» Exercise aim
Find the number of lines below in which the word "declared" appears, and write that number only.

□ □ □ □ □ □ □

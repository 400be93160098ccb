//! The top call.

ghost use Rattle.std.specs.Prelude.{◌<◌, length, map};
ghost use Rattle.std.specs.String.{string_bytes};
ghost use Rattle.norm_lang.specs.NormalForm.{IsNormal};
ghost use Rattle.documents.specs.DocumentLimits.{IsWithinDocumentLimits};
ghost use Rattle.statuses.specs.declared.limits.TheConstants.{DOCUMENT_LIMIT};
ghost use Rattle.oa_cli.specs.declared.verdicts.verdict.Verdict.{Verdict};
ghost use Rattle.oa_cli.specs.verdicts.Telling.{IsSaid, text_for, status_for};
ghost use Rattle.oa_cli.specs.Judged.{IsOfSource, FaultsAreTold};
ghost use Rattle.oac_cli.specs.Judged.{IsFound, IsOfDocument, IsOfBytes, IsTold, IsOfWord, IsJudged, IsComplete};

use crate::command::{Request, request_of};
use crate::emission::emit;
use crate::texts::{HELP, VERSION};
use documents::{Document, read_document};
use line_words::fault::ParseError;
use norm_check::{CheckError, Refusal};
use norm_lang::list::Listed;
use oa_cli::verdicts::{Verdict, say};
use oa_cli::{judge_text, read_source, refused};
use oa_text::{Sink, Source};
use statuses::Status;
use statuses::limits::DOCUMENT_LIMIT;
use std::alloc::Global;

/// The header of a text that is in normal form.
#[tactic(auto, using(crate::proofs::FewKinds::few_kinds))]
fn header_verdict(alloc: Global, name: &[u8], document: &Document) -> Verdict
    requires within { IsWithinDocumentLimits document.now }
    requires normal { IsNormal document.now.text }
    ensures { IsOfDocument name.now document.now result }
{
    match emit(alloc, name, &document.text) {
        Ok(spelling) => Verdict::Compiled(spelling),
        Err(_) => Verdict::Memory,
    }
}

/// Emits the header of a document, if the rules accept its text, or finds the first rule that it breaks.
fn find_verdict(alloc: Global, name: &[u8], document: &Document) -> Result<Verdict, Refusal>
    requires { IsWithinDocumentLimits document.now }
    ensures { IsFound name.now document.now result }
{
    match judge_text(alloc, &document.text) {
        Ok(normal) => {
            normal.kept();
            Ok(header_verdict(alloc, name, document))
        }
        Err(CheckError::Refused(refusal)) => Err(refusal),
        Err(CheckError::Memory) => Ok(Verdict::Memory),
    }
}

/// Emits the header of a document.
fn judge_document(alloc: Global, name: &[u8], document: Document) -> Verdict
    requires { IsWithinDocumentLimits document }
    ensures { IsOfDocument name.now document result }
{
    match find_verdict(alloc, name, &document) {
        Ok(verdict) => {
            drop(document);
            verdict
        }
        Err(refusal) => refused(document, refusal),
    }
}

/// Reads the bytes as a document, and emits its header.
fn judge_bytes(alloc: Global, name: &[u8], bytes: &[u8]) -> Verdict
    requires { length bytes.now < DOCUMENT_LIMIT }
    ensures { IsOfBytes name.now bytes.now result }
{
    match read_document(alloc, bytes) {
        Ok(document) => judge_document(alloc, name, document),
        Err(ParseError::Fault(fault)) => Verdict::BadDocument(fault),
        Err(ParseError::Memory) => Verdict::Memory,
    }
}

/// Reads the source to its end, and emits the header of the document that it has.
fn judge_source<S: Source>(alloc: Global, name: &[u8], input: &mut S) -> Verdict
    ensures { IsOfSource DOCUMENT_LIMIT (IsOfBytes name.now) (S.left input.old) (S.left input.new) (S.faults input.old) (S.faults input.new) result }
{
    match read_source(alloc, input, DOCUMENT_LIMIT) {
        Ok(bytes) => judge_bytes(alloc, name, bytes.items()),
        Err(verdict) => verdict,
    }
}

/// Tells a text of the program's own.
fn tell(alloc: Global, text: &[u8]) -> Verdict
    ensures { IsTold text.now result }
{
    match Listed::from_slice(alloc, text) {
        Ok(text) => Verdict::Shown(text),
        Err(_) => Verdict::Memory,
    }
}

/// Does what a word asks for. What asks for no header leaves the source unread.
fn judge_word<S: Source>(alloc: Global, word: &[u8], input: &mut S) -> Verdict
    ensures { IsOfWord word.now (S.left input.old) (S.left input.new) (S.faults input.old) (S.faults input.new) result }
{
    match request_of(word) {
        None => Verdict::Usage,
        Some(Request::Help) => tell(alloc, HELP),
        Some(Request::Version) => tell(alloc, VERSION),
        Some(Request::Header) => judge_source(alloc, word, input),
    }
}

/// Does what the words ask for, which must be one.
fn judge<S: Source>(alloc: Global, words: &[String], input: &mut S) -> Verdict
    ensures { IsJudged (map string_bytes words.now) (S.left input.old) (S.left input.new) (S.faults input.old) (S.faults input.new) result }
{
    match words {
        [word] => judge_word(alloc, word.as_bytes(), input),
        _ => Verdict::Usage,
    }
}

/// Does all that the program does: reads the word and the document, and writes the header of its text, or why there is none, or what the program
/// says of itself. The first clause has three parts: what was read and judged, what was said, and the status. The second says that each fault is
/// told. The third says that the header of a document that nothing refuses is written, if memory suffices.
pub fn oac_main<S: Source, K: Sink>(
    alloc: Global,
    words: &[String],
    input: &mut S,
    out: &mut K,
) -> Status
    ensures judged { (verdict : Verdict)
        × IsJudged (map string_bytes words.now) (S.left input.old) (S.left input.new) (S.faults input.old) (S.faults input.new) verdict
        × IsSaid (K.written out.old) (K.written out.new) (K.faults out.old) (K.faults out.new) (text_for verdict) (status_for verdict) result }
    ensures told { FaultsAreTold (S.faults input.old) (S.faults input.new) (K.faults out.old) (K.faults out.new) result }
    ensures complete { IsComplete (map string_bytes words.now) (S.left input.old) (K.written out.old) (K.written out.new) (S.faults input.old) (S.faults input.new) (K.faults out.old) (K.faults out.new) result }
{
    let verdict = judge(alloc, words, input);
    say(out, &verdict)
}
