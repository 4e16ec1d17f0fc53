// One log after the other into a tally.
ghost use Rattle.std.specs.Prelude.{◌≡◌, ltb, eqb, get_or, Ok, Err};
ghost use Rattle.base.specs.Choice.{either};
ghost use Rattle.base.specs.Lists.{build};
ghost use Rattle.prices.specs.Tariff.{built_in};
ghost use Rattle.season.specs.Tallies.{numbers, one_if, refuses, larger, worse, met_of};
ghost use Rattle.season.specs.Counting.{summed, fresh, counted};
ghost use Rattle.season.specs.Steps.{full, stepped};

use crate::bills::{Bill, look};
use crate::{MOST_LOGS, NUMBERS, Tally, Worst};
use base::{Reason, Refusal};

// One more log refused by a number.
fn add_refused(refused: [u64; NUMBERS], refusal: Refusal) -> [u64; NUMBERS]
    ensures { result ≡ build numbers (λ n. summed (get_or refused n 0) (one_if (refuses n (Err refusal)))) }
{
    let mut counts = refused;
    let k = usize::from(refusal.reason.number());
    if k < NUMBERS {
        counts[k] = counts[k].saturating_add(1);
    }
    counts
}

// Whether a log's ratio is larger than the worst one's: the fractions are compared by products.
#[tactic(auto, using(crate::specs::TallyLaws::product_fits), unfolding(crate::specs::Tallies::larger, crate::specs::Tallies::met_of))]
fn is_larger(worst: Worst, bill: Bill) -> bool
    ensures { result ≡ larger worst (met_of (Ok bill)) }
{
    worst.place == 0
        || u64::from(worst.running) * u64::from(bill.least)
            < u64::from(bill.running) * u64::from(worst.least)
}

// The worst so far, or the log at a place if its ratio is larger.
#[tactic(auto, unfolding(crate::specs::Tallies::worse, crate::specs::Tallies::met_of))]
fn worse_of(worst: Worst, place: u64, bill: Bill) -> Worst
    ensures { result ≡ worse worst place (met_of (Ok bill)) }
{
    if bill.requests == 0 || !is_larger(worst, bill) {
        return worst;
    }
    Worst {
        place,
        running: bill.running,
        least: bill.least,
    }
}

// A refusal by 1 to 9 or by 45 ends the report.
fn is_last(number: u8) -> bool
    ensures { result ≡ either (ltb number 10) (eqb number 45) }
{
    matches!(number, 0..=9 | 45)
}

// A tally with one log more.
fn count(tally: Tally, met: Result<Bill, Refusal>) -> Tally
    ensures { result ≡ counted tally (met_of met) }
{
    let logs = tally.logs.saturating_add(1);
    match met {
        Ok(bill) => Tally {
            logs,
            accepted: tally.accepted.saturating_add(1),
            least: tally.least.saturating_add(u64::from(bill.least)),
            running: tally.running.saturating_add(u64::from(bill.running)),
            worst: worse_of(tally.worst, logs, bill),
            over: false,
            ..tally
        },
        Err(r) => Tally {
            logs,
            refused: add_refused(tally.refused, r),
            over: is_last(r.reason.number()),
            ..tally
        },
    }
}

// The log after all those that are looked at.
const BEYOND: Refusal = Refusal {
    reason: Reason::LogCount,
    place: 0,
};

// Before any log.
#[tactic(auto, unfolding(crate::specs::Counting::fresh))]
pub fn begin() -> Tally
    ensures { result ≡ fresh }
{
    Tally {
        logs: 0,
        accepted: 0,
        refused: [0u64; NUMBERS],
        least: 0,
        running: 0,
        worst: Worst {
            place: 0,
            running: 0,
            least: 0,
        },
        over: false,
    }
}

// No further log is looked at.
pub(crate) fn is_full(tally: Tally) -> bool
    ensures { result ≡ full tally }
{
    tally.over || MOST_LOGS <= tally.logs
}

// The next log. 45 is looked at before the log is; after the end nothing is.
#[tactic(auto, using(crate::specs::StepLaws::stepped_over, crate::specs::StepLaws::stepped_late, crate::specs::StepLaws::stepped_next))]
pub fn step(tally: Tally, log: &[u8]) -> Tally
    ensures { result ≡ stepped built_in tally log.now }
{
    if tally.over {
        return tally;
    }
    if is_full(tally) {
        return count(tally, Err(BEYOND));
    }
    count(tally, look(log))
}
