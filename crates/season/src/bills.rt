// One log looked at: why it is refused, or the costs of an accepted one.
ghost use Rattle.std.specs.Prelude.{◌≡◌, ◌^◌, ◌<◌, get_or, length, Ok};
ghost use Rattle.prices.specs.Tariff.{built_in};
ghost use Rattle.request_log.specs.Fields.{request_count};
ghost use Rattle.request_log.specs.Conditions.{Accepted};
ghost use Rattle.season.specs.Tallies.{met_of};
ghost use Rattle.season.specs.Met.{least_bill, met_as, looked_at};

use base::Refusal;
use base::bytes::at16;
use live::running_of;
use planner::{PLACES, least};
use prices::built_in;

// An accepted log: how many requests it has, its least and its running cost.
#[derive(Clone, Copy, Debug, PartialEq, Eq)]
pub(crate) struct Bill {
    pub requests: u16,
    pub least: u32,
    pub running: u32,
}

// A cost of an accepted log fits 32 bits.
fn narrow(cost: u64) -> u32
    requires { cost < 2 ^ 32 }
    ensures { result ≡ cost }
{
    cost as u32
}

// An accepted log, whose least costs were found; its running cost is by the online cache's own calls.
fn accept(log: &[u8], costs: &[u64]) -> Bill
    requires { Accepted built_in log.now × (request_count log.now < length costs.now) × (get_or costs.now (request_count log.now) 0 ≡ least_bill built_in log.now) }
    ensures { met_of (Ok result) ≡ met_as (Ok tt) built_in log.now }
{
    let requests = at16(log, 6);
    let least = narrow(costs[usize::from(requests)]);
    let running = narrow(running_of(&built_in(), log).unwrap_or(0));
    Bill {
        requests,
        least,
        running,
    }
}

// A log: its least cost by the planner.
pub(crate) fn look(log: &[u8]) -> Result<Bill, Refusal>
    ensures { met_of result ≡ looked_at built_in log.now }
{
    let mut costs = [0u64; PLACES];
    least(log, &mut costs)?;
    Ok(accept(log, &costs))
}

□ □ □ □ □ □ □

» Response
2